== GIVEN RECORDS ==
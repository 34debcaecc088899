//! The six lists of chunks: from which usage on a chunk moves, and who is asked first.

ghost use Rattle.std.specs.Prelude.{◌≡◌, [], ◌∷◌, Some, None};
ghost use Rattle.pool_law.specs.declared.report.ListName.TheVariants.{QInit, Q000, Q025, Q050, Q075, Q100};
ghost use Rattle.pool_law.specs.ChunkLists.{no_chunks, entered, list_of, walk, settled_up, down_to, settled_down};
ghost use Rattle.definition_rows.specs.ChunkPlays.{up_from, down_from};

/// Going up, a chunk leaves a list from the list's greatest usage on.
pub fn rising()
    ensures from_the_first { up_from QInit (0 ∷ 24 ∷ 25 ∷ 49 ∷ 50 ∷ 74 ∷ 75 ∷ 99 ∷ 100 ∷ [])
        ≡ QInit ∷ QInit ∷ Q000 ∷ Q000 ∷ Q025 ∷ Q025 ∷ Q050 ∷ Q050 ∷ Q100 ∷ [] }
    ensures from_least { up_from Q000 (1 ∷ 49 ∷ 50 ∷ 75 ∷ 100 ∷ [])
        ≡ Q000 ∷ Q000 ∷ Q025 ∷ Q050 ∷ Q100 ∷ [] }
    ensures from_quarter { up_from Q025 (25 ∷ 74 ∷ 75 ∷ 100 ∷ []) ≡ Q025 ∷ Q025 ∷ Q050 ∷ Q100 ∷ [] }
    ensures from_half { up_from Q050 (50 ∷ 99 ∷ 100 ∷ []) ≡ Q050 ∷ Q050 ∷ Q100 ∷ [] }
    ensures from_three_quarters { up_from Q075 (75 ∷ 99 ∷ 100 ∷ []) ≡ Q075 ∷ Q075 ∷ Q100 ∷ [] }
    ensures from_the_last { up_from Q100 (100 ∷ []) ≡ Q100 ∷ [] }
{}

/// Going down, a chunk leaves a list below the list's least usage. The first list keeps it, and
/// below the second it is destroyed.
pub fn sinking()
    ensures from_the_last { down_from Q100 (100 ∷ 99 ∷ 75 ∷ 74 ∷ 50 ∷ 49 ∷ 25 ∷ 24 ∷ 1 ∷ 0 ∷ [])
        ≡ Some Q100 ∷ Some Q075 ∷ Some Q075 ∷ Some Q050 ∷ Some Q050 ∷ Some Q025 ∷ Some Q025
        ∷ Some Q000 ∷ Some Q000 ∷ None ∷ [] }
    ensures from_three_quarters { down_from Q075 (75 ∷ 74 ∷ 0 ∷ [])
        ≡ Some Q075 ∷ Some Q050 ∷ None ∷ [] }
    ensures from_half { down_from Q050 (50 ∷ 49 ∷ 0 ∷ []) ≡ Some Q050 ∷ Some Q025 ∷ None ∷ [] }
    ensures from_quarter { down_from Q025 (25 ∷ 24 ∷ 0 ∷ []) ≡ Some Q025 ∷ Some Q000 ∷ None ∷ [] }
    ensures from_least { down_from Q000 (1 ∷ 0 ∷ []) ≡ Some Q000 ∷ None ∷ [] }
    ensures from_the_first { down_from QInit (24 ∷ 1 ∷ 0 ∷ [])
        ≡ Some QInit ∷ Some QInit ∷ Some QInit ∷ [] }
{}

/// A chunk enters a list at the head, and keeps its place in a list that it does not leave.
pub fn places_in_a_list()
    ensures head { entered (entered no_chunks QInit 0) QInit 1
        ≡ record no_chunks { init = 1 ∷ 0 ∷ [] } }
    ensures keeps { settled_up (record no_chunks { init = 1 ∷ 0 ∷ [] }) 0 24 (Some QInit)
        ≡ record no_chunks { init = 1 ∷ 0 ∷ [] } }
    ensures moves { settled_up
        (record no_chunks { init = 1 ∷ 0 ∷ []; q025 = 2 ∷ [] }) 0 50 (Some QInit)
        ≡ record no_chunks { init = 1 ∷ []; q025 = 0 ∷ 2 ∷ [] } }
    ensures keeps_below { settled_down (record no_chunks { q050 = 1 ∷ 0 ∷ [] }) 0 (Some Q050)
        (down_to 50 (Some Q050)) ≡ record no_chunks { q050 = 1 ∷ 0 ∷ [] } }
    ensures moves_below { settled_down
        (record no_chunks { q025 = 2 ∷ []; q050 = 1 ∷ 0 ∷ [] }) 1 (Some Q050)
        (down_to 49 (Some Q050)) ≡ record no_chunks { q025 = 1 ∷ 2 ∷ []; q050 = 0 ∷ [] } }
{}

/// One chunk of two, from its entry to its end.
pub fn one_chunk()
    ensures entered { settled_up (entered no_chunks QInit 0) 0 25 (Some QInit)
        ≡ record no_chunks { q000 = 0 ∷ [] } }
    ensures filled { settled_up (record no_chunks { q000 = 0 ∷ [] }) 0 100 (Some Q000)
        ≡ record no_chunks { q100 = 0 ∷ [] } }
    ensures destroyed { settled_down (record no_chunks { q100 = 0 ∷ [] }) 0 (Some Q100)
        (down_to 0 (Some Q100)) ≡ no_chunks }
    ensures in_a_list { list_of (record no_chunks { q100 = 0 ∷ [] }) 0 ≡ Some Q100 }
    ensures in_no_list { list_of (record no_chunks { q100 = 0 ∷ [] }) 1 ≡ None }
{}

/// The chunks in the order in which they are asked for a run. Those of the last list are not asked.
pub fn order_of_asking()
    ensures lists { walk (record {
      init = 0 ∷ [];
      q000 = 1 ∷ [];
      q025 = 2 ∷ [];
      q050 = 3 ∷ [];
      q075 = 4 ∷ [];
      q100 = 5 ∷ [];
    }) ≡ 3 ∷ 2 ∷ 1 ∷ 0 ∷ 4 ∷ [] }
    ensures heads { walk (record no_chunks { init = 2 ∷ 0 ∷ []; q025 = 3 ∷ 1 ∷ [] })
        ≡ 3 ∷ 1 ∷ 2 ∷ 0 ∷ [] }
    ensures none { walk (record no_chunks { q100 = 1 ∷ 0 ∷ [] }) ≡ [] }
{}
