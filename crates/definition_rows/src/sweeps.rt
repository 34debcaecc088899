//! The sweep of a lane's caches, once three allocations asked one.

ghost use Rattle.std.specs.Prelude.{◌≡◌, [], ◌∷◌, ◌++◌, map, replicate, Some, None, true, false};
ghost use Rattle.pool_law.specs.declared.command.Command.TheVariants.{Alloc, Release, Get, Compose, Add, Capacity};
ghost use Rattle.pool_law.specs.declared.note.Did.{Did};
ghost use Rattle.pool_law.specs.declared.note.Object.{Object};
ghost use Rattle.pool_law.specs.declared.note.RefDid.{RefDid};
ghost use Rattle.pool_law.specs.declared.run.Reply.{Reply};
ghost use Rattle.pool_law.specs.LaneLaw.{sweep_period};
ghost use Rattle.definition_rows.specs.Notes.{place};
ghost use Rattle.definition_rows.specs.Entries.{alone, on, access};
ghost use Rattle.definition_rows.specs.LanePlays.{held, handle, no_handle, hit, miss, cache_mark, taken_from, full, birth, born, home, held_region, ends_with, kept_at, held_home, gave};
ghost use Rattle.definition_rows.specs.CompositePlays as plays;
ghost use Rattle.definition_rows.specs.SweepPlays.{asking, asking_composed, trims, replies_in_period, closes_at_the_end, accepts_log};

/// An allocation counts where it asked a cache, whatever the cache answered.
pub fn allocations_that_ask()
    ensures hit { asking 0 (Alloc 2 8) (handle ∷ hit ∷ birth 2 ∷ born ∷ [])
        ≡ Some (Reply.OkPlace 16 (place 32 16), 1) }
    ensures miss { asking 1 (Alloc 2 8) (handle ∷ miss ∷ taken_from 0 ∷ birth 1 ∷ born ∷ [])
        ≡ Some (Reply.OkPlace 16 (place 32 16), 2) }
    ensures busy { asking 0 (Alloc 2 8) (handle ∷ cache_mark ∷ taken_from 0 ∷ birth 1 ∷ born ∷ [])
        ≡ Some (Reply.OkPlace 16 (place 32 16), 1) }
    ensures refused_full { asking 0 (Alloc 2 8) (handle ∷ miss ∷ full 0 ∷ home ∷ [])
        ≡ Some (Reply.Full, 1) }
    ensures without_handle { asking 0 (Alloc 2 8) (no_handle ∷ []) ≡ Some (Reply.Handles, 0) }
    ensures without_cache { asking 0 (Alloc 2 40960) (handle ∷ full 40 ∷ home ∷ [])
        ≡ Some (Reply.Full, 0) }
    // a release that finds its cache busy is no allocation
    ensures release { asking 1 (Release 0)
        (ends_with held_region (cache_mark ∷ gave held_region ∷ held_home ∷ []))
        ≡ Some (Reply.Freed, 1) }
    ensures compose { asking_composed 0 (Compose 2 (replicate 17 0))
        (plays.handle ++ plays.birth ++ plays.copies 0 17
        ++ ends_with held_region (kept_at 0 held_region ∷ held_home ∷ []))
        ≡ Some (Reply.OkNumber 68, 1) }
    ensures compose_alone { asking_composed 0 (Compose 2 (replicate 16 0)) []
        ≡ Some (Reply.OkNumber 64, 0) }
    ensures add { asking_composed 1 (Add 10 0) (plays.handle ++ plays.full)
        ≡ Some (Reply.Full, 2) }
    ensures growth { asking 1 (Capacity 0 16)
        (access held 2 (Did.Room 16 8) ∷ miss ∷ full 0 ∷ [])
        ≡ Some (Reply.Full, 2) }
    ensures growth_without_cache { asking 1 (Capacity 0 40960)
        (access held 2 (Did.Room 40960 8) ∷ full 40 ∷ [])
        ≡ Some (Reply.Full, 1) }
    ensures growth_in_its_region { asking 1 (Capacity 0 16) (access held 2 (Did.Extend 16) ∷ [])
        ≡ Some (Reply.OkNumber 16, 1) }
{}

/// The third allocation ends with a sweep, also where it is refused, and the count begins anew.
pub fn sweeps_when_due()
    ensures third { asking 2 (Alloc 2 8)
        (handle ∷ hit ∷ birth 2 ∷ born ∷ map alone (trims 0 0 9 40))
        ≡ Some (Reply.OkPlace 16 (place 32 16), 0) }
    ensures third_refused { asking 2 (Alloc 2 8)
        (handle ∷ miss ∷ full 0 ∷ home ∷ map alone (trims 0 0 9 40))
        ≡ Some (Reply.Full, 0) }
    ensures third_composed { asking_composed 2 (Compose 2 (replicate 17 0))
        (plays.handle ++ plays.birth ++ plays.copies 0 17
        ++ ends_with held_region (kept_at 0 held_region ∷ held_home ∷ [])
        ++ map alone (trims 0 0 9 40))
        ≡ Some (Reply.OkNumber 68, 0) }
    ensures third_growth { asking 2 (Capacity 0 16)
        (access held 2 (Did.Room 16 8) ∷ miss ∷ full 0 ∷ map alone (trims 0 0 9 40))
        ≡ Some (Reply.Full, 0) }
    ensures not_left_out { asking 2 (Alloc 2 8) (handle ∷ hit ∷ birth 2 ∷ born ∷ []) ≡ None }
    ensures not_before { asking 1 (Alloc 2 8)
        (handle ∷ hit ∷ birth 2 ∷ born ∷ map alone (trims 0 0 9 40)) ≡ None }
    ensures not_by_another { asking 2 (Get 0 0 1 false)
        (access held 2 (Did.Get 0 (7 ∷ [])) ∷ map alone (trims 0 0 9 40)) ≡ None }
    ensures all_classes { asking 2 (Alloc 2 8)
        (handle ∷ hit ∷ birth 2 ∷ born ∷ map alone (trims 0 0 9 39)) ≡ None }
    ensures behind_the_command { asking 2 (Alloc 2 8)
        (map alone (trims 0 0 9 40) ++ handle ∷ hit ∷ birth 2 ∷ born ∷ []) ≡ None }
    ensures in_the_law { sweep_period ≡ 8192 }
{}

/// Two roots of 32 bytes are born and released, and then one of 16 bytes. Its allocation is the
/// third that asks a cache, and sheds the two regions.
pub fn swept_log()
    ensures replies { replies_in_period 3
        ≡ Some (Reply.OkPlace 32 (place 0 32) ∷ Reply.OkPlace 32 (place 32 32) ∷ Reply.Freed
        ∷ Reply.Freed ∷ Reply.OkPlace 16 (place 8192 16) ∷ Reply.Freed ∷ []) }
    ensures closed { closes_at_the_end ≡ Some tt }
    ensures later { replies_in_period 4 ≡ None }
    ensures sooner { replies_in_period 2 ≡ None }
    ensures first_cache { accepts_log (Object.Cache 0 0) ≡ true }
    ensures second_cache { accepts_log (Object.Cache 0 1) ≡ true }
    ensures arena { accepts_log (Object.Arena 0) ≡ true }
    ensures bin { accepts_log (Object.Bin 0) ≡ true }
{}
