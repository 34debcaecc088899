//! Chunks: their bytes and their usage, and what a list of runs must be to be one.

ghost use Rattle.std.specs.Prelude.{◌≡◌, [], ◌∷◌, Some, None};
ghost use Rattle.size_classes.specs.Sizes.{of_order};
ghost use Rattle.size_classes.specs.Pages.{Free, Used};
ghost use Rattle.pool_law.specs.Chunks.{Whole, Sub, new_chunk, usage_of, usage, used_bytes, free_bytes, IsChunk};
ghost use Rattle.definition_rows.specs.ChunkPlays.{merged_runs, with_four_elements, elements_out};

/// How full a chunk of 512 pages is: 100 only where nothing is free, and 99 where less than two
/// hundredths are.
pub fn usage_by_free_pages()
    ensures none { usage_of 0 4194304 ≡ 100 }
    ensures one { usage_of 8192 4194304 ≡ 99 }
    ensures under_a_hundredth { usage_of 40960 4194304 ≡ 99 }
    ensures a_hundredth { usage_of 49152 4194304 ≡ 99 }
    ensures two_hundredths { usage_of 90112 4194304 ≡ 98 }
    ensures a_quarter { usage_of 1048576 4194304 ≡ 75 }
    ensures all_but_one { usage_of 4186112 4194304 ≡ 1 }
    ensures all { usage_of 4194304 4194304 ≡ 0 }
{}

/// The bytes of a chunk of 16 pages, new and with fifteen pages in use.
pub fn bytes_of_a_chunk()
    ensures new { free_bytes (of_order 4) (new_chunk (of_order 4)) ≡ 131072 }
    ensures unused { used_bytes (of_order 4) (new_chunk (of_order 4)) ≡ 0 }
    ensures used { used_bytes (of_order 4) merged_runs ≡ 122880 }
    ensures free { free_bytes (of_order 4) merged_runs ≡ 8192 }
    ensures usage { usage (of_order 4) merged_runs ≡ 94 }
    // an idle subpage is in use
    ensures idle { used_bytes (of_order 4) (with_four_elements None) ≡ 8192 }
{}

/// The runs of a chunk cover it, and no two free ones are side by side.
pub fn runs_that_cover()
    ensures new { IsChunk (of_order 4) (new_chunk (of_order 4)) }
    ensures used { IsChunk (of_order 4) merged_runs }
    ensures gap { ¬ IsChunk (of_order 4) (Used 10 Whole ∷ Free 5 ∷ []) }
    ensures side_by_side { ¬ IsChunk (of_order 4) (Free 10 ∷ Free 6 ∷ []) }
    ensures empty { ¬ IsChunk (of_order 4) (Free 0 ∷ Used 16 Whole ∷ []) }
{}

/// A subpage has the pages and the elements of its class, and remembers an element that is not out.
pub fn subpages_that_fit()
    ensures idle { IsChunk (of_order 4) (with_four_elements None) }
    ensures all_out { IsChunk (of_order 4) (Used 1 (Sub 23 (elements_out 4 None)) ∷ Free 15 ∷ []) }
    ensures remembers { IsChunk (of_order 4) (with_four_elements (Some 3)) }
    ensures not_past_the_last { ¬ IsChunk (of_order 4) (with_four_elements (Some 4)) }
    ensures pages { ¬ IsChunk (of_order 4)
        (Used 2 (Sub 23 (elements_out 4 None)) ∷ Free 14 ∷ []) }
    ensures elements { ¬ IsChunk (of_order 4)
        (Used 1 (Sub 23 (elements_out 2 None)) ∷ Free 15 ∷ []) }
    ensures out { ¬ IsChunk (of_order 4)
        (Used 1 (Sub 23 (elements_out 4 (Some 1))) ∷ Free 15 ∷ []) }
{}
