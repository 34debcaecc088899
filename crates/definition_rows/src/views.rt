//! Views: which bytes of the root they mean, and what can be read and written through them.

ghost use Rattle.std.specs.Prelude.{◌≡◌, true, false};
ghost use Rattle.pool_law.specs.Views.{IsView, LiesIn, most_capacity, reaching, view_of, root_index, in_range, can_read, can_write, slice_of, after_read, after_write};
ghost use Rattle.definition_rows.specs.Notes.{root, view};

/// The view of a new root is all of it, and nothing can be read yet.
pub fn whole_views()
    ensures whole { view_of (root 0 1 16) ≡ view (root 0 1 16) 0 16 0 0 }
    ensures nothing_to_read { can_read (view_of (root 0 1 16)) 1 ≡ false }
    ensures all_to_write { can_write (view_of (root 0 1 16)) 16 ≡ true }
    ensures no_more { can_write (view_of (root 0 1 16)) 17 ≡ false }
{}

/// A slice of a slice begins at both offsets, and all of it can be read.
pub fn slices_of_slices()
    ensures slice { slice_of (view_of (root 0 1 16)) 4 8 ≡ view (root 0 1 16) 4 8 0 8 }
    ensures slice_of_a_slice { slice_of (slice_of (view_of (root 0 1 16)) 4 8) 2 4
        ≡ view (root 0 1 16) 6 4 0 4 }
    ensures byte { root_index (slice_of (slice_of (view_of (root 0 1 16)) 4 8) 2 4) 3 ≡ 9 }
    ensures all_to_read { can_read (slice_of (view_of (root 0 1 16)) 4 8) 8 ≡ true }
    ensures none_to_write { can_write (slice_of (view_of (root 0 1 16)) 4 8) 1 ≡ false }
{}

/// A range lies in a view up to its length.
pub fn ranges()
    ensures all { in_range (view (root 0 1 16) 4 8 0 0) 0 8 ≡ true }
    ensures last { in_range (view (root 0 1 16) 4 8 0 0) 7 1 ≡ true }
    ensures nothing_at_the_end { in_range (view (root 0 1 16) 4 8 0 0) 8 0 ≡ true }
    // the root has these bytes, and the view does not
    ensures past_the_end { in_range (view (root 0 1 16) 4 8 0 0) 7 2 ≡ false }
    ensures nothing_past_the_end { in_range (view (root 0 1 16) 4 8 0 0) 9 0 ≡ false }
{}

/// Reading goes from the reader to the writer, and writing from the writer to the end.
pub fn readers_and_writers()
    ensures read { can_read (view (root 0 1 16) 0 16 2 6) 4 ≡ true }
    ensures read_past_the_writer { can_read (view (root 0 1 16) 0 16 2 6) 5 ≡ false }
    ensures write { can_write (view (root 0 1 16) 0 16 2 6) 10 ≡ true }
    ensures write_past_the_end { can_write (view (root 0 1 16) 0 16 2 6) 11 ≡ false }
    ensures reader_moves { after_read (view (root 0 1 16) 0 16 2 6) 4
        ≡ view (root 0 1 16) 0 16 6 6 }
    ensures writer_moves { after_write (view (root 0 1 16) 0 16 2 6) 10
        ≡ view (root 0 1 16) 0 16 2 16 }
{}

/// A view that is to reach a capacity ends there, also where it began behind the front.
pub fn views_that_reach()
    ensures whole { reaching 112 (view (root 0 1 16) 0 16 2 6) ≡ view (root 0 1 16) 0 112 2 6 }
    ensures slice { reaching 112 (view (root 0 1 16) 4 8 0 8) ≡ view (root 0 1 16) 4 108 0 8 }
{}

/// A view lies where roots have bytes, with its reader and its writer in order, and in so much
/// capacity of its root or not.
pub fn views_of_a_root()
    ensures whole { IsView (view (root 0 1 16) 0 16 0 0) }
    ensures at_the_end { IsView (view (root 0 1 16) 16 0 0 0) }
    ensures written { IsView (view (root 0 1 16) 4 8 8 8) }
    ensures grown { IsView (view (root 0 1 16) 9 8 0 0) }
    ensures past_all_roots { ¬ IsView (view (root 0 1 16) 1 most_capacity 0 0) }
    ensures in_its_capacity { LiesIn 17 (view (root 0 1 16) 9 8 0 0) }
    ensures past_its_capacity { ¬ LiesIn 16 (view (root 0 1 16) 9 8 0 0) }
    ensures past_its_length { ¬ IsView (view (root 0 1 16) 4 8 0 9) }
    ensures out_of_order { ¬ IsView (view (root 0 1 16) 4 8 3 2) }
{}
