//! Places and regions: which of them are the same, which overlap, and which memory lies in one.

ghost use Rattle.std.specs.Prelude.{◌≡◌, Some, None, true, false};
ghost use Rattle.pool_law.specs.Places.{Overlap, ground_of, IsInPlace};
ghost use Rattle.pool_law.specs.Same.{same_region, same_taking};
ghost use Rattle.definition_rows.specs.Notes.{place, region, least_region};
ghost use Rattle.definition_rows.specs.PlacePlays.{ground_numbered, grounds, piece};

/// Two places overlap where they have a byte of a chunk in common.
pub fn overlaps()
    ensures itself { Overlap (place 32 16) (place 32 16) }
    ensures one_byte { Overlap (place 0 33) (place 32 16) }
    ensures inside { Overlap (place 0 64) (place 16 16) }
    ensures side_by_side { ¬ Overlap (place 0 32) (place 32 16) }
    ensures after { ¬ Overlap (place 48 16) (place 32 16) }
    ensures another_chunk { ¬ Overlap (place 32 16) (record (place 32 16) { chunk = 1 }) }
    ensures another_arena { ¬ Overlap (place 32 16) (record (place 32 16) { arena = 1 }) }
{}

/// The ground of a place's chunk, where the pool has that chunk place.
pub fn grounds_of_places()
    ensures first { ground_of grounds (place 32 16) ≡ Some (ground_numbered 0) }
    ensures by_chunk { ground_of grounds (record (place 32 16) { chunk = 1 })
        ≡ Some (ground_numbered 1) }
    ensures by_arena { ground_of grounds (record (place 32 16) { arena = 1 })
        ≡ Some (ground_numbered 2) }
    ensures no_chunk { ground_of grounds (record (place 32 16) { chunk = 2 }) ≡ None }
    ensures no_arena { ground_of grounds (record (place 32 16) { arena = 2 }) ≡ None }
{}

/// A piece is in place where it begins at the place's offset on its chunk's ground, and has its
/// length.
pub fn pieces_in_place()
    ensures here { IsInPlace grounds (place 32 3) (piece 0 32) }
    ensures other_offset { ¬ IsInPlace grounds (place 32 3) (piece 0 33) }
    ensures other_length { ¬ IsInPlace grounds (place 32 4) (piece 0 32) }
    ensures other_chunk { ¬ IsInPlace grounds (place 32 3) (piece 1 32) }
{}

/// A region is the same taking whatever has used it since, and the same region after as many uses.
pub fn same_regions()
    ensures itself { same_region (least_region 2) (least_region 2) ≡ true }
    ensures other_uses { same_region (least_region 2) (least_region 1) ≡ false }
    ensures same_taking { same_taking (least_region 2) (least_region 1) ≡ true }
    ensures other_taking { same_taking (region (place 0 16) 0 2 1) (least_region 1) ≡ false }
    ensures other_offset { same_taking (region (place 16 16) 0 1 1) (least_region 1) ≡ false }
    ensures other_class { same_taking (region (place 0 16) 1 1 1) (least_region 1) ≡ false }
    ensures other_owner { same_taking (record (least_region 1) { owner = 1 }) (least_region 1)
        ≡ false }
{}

== WHAT THE TASK REQUIRES ==
Determine how many lines of the data contain the word "TheVariants", and reply with that number only.

== EXPECTED ANSWER ==
2